This article appeared in the June 25th Issue of TV Times
Nanticoke Tribe Preserves Its Past
By David Maull
It was fourteen years ago when the Nanticoke Indian Tribe followed through with plans to preserve its rich heritage in Delaware and Maryland.
Once an old dilapidated school house from the 1920s was refurbished and donations of Indian clothing and artifacts were received from members of the tribe, the only Native American museum in Delaware was established.
The Nanticoke Indian Museum on Route 24 in Oak Orchard opened in 1984 and has given the tribe a means of preserving not only items belonging to its ancestors, but also artifacts such as arrowheads and stones that have been unearthed during the past century.
"This is real solid proof we were here many years ago," Museum Curator Odette Wright said. "There's been a lot of discoveries since we've had our museum."
By examining the display cases, one can understand how the Nanticoke people lived in generations past. Hammers, stones, arrowheads, pots and tools illustrate their reliance on farming, hunting and fishing.
"We were farmers and fisherman," Wright said. "Most of our stuff is like equipment."
Perhaps the most stunning items on display are the clovis points and drill heads that date back to before 10,000 B.C. Other artifacts in the museum are more than 1,000 years old.
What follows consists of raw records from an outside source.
//! Lines that are read as requests.

ghost use Rattle.std.specs.Prelude.{◌≡◌, ◌≤◌, ℕ, length, None, IfErr, IfNone, IfOk, IfSome};
ghost use Rattle.std.specs.Option.{option_copied};
ghost use Rattle.pipe_requests.specs.Meaning.{AreBad, AreRule, Ask, HasWords, IsBad, IsFormat, Means, named};
ghost use Rattle.pipe_requests.specs.Words.{words_behind};

use crate::bad::Bad;
use crate::name::Name;
use crate::numbers::{limited, signed, unsigned};
use crate::parameters::{cut, four, next, none, one};
use crate::request::{
    LARGEST_MOST, LARGEST_MULTIPLE, LARGEST_SIZE, Request, SMALLEST_SIZE, TextFormat,
};
use rule_text::{Rule, RuleFault};

/// What a line asks for, without the LF that ends it. It is bad for the first of these: `Name`,
/// `Words`, `Format`, `Number`.
pub fn read_request(line: &[u8]) -> Result<Request, Bad>
    ensures ok { IfOk result (Means line.now) }
    ensures err { IfErr result (IsBad line.now) }
{
    let (word, rest) = cut(line);
    let Some(name) = Name::of(word) else {
        return Err(Bad::Name);
    };
    read_named(name, rest)
}

// What a request of this name asks for.
fn read_named(name: Name, rest: Option<&[u8]>) -> Result<Request, Bad>
    ensures ok { IfOk result (Ask (named name (option_copied rest.entry))) }
    ensures err { IfErr result (AreBad (named name (option_copied rest.entry))) }
{
    match name {
        Name::Generation => plain(name, rest, Request::Generation),
        Name::Rule => plain(name, rest, Request::Rule),
        Name::Population => plain(name, rest, Request::Population),
        Name::Bounds => plain(name, rest, Request::Bounds),
        Name::Runs => plain(name, rest, Request::Runs),
        Name::Close => plain(name, rest, Request::Close),
        Name::Open => read_open(rest),
        Name::Advance => read_advance(rest),
        Name::Window => read_window(rest),
        Name::Write => read_write(rest),
        Name::Picture => read_picture(rest),
        Name::Period => read_period(rest),
        Name::Multiple => read_multiple(rest),
        Name::Same => read_same(rest),
    }
}

// A request that is one word.
fn plain(name: Name, rest: Option<&[u8]>, request: Request) -> Result<Request, Bad>
    requires asks { Ask (named name None) request }
    requires alone { (count : ℕ) → HasWords name count → count ≡ 1 }
    ensures ok { IfOk result (Ask (named name (option_copied rest.entry))) }
    ensures err { IfErr result (AreBad (named name (option_copied rest.entry))) }
{
    none(rest)?;
    Ok(request)
}

fn read_open(rest: Option<&[u8]>) -> Result<Request, Bad>
    ensures ok { IfOk result (Ask (named Name.Open (option_copied rest.entry))) }
    ensures err { IfErr result (AreBad (named Name.Open (option_copied rest.entry))) }
{
    let (word, rest) = next(rest)?;
    let rule = read_rule(rest)?;
    let length = unsigned(word)?;
    Ok(Request::Open { length, rule })
}

// The rule that the one word gives, if there is a word.
fn read_rule(rest: Option<&[u8]>) -> Result<Option<Result<Rule, RuleFault>>, Bad>
    ensures ok { IfOk result (AreRule (words_behind (option_copied rest.entry))) }
    ensures err { IfErr result (λ why. (why ≡ Bad.Words)
        × (2 ≤ length (words_behind (option_copied rest.entry)))) }
{
    match rest {
        Some(_) => Ok(Some(Rule::read(one(rest)?))),
        None => Ok(None),
    }
}

fn read_advance(rest: Option<&[u8]>) -> Result<Request, Bad>
    ensures ok { IfOk result (Ask (named Name.Advance (option_copied rest.entry))) }
    ensures err { IfErr result (AreBad (named Name.Advance (option_copied rest.entry))) }
{
    let generations = unsigned(one(rest)?)?;
    Ok(Request::Advance { generations })
}

fn read_window(rest: Option<&[u8]>) -> Result<Request, Bad>
    ensures ok { IfOk result (Ask (named Name.Window (option_copied rest.entry))) }
    ensures err { IfErr result (AreBad (named Name.Window (option_copied rest.entry))) }
{
    let (x, y, width, height) = four(rest)?;
    Ok(Request::Window {
        x: signed(x)?,
        y: signed(y)?,
        width: unsigned(width)?,
        height: unsigned(height)?,
    })
}

fn read_write(rest: Option<&[u8]>) -> Result<Request, Bad>
    ensures ok { IfOk result (Ask (named Name.Write (option_copied rest.entry))) }
    ensures err { IfErr result (AreBad (named Name.Write (option_copied rest.entry))) }
{
    let format = format_of(one(rest)?).ok_or(Bad::Format)?;
    Ok(Request::Write { format })
}

// The format that a word names, if it names one.
fn format_of(word: &[u8]) -> Option<TextFormat>
    ensures some { IfSome result (IsFormat word.now) }
    ensures none { IfNone result ((format : TextFormat) → IsFormat word.now format → ⊥) }
{
    if word == b"rle".as_slice() {
        Some(TextFormat::Rle)
    } else if word == b"mc".as_slice() {
        Some(TextFormat::Macrocell)
    } else {
        None
    }
}

fn read_picture(rest: Option<&[u8]>) -> Result<Request, Bad>
    ensures ok { IfOk result (Ask (named Name.Picture (option_copied rest.entry))) }
    ensures err { IfErr result (AreBad (named Name.Picture (option_copied rest.entry))) }
{
    let (left, rest) = next(rest)?;
    let (top, right, bottom, size) = four(rest)?;
    Ok(Request::Picture {
        left: signed(left)?,
        top: signed(top)?,
        right: signed(right)?,
        bottom: signed(bottom)?,
        size: limited(size, u64::from(SMALLEST_SIZE), u64::from(LARGEST_SIZE))? as u32,
    })
}

fn read_period(rest: Option<&[u8]>) -> Result<Request, Bad>
    ensures ok { IfOk result (Ask (named Name.Period (option_copied rest.entry))) }
    ensures err { IfErr result (AreBad (named Name.Period (option_copied rest.entry))) }
{
    let most = limited(one(rest)?, 1, LARGEST_MOST)?;
    Ok(Request::Period { most })
}

fn read_multiple(rest: Option<&[u8]>) -> Result<Request, Bad>
    ensures ok { IfOk result (Ask (named Name.Multiple (option_copied rest.entry))) }
    ensures err { IfErr result (AreBad (named Name.Multiple (option_copied rest.entry))) }
{
    let whole = limited(one(rest)?, 1, LARGEST_MULTIPLE)?;
    Ok(Request::Multiple { whole })
}

fn read_same(rest: Option<&[u8]>) -> Result<Request, Bad>
    ensures ok { IfOk result (Ask (named Name.Same (option_copied rest.entry))) }
    ensures err { IfErr result (AreBad (named Name.Same (option_copied rest.entry))) }
{
    let length = unsigned(one(rest)?)?;
    Ok(Request::Same { length })
}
The age of the items was verified by an anthropologist, Wright said.
The museum also has a rarity in the form of a large cooking pot that is mostly intact. The once-broken clay pot was donated to the museum and put back together piece by piece.
Wright noted it is unusual to find pots that have not been broken or damaged. The sand that was often mixed with clay made the pottery fragile.
Other items such as clothing and pine-needle baskets belonged to the tribe's ancestors and were donated by family members.
"I feel we're taking care of our ancestors' things," said Wright, who noted the items would otherwise be in storage at the Nanticoke Indian Center. "It's good to know a part of this is your ancestry."
She noted all of the artifacts were either donated or are on loan. None were purchased.
"How can you buy history? History is something that is so precious," she said.
A second large room in the museum contains a library, displays of traditional Indian dress and artifacts from other Indian tribes.
One glass case houses a tribute to Seneca Indian Chief Big Tree, who in 1963 at the age of 98 was the last Native American to have his profile featured on the Indian-head nickel. A pair of his shoes are included in the display.
The room also serves as a classroom for school groups touring the museum. Wright usually serves as the instructor for such sessions.
"I do schools and groups," she said. "I involve the kids."
One project currently in the works is the construction of a replica Indian village in a field behind the museum. Wright hopes the village will be completed by next summer, giving children and visitors more "hands-on" exposure to Indian life.
But the museum is also important to children within the Nanticoke Tribe.
With Nanticoke children now attending local public schools, it's easy for them to be unaware of their tribal heritage. This makes the museum an important learning tool, Wright said.
She also noted it's important to have contact with people from other Indian tribes.
"We are all one people," she said. "In general, we are all the same."
Nanticoke Indian Museum
WHERE: Route 24 in Oak Orchard, about 12 miles west of Rehoboth Beach.
HOURS: 9 a.m.-4 p.m. Tuesday through Friday; 10 a.m.-4 p.m. Saturday; Noon-4 p.m. Sunday. Closed Monday.